▶ _WHAT TO DO_
What is needed is the number of lines below that contain the word "totals", with no other output.

Records contained in a dataset
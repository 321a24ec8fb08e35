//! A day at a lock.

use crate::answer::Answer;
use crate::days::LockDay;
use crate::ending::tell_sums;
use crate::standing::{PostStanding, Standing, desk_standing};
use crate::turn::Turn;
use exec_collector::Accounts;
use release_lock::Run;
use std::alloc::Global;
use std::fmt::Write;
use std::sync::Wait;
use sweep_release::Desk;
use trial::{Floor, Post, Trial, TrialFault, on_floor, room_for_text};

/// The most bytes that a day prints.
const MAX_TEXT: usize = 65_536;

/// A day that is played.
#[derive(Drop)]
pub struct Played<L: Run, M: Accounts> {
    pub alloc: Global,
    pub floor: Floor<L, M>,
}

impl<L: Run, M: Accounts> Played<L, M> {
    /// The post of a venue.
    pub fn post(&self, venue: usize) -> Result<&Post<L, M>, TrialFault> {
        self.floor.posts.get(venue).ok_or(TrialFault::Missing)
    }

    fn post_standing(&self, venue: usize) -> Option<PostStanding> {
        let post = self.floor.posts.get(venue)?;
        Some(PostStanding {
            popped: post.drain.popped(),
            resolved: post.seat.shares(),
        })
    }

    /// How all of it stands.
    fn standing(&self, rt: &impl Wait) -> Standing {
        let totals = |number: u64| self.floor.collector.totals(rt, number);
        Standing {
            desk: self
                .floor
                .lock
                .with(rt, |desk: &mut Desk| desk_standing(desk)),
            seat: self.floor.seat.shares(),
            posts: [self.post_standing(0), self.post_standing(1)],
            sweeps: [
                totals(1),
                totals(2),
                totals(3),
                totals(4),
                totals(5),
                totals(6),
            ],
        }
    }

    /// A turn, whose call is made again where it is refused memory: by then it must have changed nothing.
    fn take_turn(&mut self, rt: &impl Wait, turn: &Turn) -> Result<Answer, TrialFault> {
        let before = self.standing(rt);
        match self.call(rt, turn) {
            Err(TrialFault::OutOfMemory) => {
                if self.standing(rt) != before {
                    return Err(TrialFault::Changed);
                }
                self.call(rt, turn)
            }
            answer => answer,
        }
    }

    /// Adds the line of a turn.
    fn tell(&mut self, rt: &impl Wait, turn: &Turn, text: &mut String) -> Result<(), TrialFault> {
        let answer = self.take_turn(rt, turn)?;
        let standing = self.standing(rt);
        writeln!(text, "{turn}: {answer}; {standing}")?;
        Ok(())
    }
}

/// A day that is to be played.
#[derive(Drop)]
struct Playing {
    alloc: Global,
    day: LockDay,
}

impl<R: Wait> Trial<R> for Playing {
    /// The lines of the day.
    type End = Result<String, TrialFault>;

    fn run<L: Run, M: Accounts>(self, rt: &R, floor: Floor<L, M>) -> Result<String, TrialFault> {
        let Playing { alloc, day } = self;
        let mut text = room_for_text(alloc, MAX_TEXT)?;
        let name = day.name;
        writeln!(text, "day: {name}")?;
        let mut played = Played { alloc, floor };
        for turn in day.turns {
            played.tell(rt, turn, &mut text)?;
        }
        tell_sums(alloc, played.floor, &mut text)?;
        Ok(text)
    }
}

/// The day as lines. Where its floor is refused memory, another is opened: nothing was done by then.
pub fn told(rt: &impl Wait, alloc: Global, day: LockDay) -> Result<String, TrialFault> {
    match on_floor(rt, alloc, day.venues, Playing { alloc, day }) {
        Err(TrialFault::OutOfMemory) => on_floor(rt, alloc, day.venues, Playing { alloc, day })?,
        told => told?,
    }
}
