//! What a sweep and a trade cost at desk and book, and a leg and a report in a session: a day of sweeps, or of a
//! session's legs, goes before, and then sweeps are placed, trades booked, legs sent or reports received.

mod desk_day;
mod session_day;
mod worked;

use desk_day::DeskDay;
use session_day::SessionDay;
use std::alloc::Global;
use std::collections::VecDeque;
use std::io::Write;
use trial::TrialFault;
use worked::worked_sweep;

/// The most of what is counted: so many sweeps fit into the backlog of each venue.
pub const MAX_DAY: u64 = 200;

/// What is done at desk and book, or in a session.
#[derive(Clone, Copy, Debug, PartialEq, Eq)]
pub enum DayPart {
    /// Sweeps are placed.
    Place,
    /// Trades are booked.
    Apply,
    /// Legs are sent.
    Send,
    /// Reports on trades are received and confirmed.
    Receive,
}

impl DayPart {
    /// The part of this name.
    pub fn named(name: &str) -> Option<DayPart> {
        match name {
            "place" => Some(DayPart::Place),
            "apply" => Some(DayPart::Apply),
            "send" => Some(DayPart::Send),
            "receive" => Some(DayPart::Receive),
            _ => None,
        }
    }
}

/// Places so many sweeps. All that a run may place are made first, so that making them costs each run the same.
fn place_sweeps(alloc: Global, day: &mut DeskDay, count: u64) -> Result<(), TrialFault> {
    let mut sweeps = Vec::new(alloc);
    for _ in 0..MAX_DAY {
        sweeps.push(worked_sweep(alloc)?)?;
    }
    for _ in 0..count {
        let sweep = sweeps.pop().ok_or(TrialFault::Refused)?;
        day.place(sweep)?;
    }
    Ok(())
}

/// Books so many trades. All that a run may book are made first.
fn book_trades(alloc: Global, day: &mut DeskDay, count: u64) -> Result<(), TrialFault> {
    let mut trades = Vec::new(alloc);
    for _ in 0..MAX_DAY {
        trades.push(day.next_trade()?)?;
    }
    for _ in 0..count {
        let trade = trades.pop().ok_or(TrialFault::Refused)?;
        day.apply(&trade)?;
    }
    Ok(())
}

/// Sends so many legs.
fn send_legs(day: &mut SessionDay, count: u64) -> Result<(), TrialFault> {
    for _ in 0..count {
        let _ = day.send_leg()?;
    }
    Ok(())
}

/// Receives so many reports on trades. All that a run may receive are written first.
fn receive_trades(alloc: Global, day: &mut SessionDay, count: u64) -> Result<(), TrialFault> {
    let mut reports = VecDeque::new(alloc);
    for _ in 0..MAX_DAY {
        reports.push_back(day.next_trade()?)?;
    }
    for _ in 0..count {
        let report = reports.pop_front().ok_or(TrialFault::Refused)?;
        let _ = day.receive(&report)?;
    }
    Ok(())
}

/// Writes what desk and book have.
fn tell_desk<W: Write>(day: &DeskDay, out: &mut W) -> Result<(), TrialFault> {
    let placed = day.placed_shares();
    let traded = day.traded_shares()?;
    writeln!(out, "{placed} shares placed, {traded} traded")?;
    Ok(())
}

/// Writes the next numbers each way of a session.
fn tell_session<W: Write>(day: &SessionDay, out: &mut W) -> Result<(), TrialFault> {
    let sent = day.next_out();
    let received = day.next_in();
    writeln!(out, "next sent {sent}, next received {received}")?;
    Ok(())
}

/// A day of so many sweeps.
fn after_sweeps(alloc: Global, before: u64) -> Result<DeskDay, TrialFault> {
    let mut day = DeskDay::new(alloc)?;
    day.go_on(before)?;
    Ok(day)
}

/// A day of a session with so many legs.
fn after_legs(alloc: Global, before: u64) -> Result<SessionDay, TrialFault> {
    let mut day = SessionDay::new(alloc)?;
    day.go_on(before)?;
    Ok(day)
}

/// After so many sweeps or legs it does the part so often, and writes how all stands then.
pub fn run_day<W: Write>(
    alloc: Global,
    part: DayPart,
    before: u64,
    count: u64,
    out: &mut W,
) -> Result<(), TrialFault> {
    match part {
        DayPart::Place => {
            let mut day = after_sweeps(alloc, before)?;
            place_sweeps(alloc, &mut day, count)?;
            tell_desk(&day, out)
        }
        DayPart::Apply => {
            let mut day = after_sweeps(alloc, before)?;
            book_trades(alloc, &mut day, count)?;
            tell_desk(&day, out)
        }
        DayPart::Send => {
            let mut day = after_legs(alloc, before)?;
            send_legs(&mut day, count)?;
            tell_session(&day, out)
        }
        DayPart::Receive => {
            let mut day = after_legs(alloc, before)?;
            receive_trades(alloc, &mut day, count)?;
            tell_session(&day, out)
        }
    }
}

▶ _SOLUTION FOR THIS PROBLEM_
7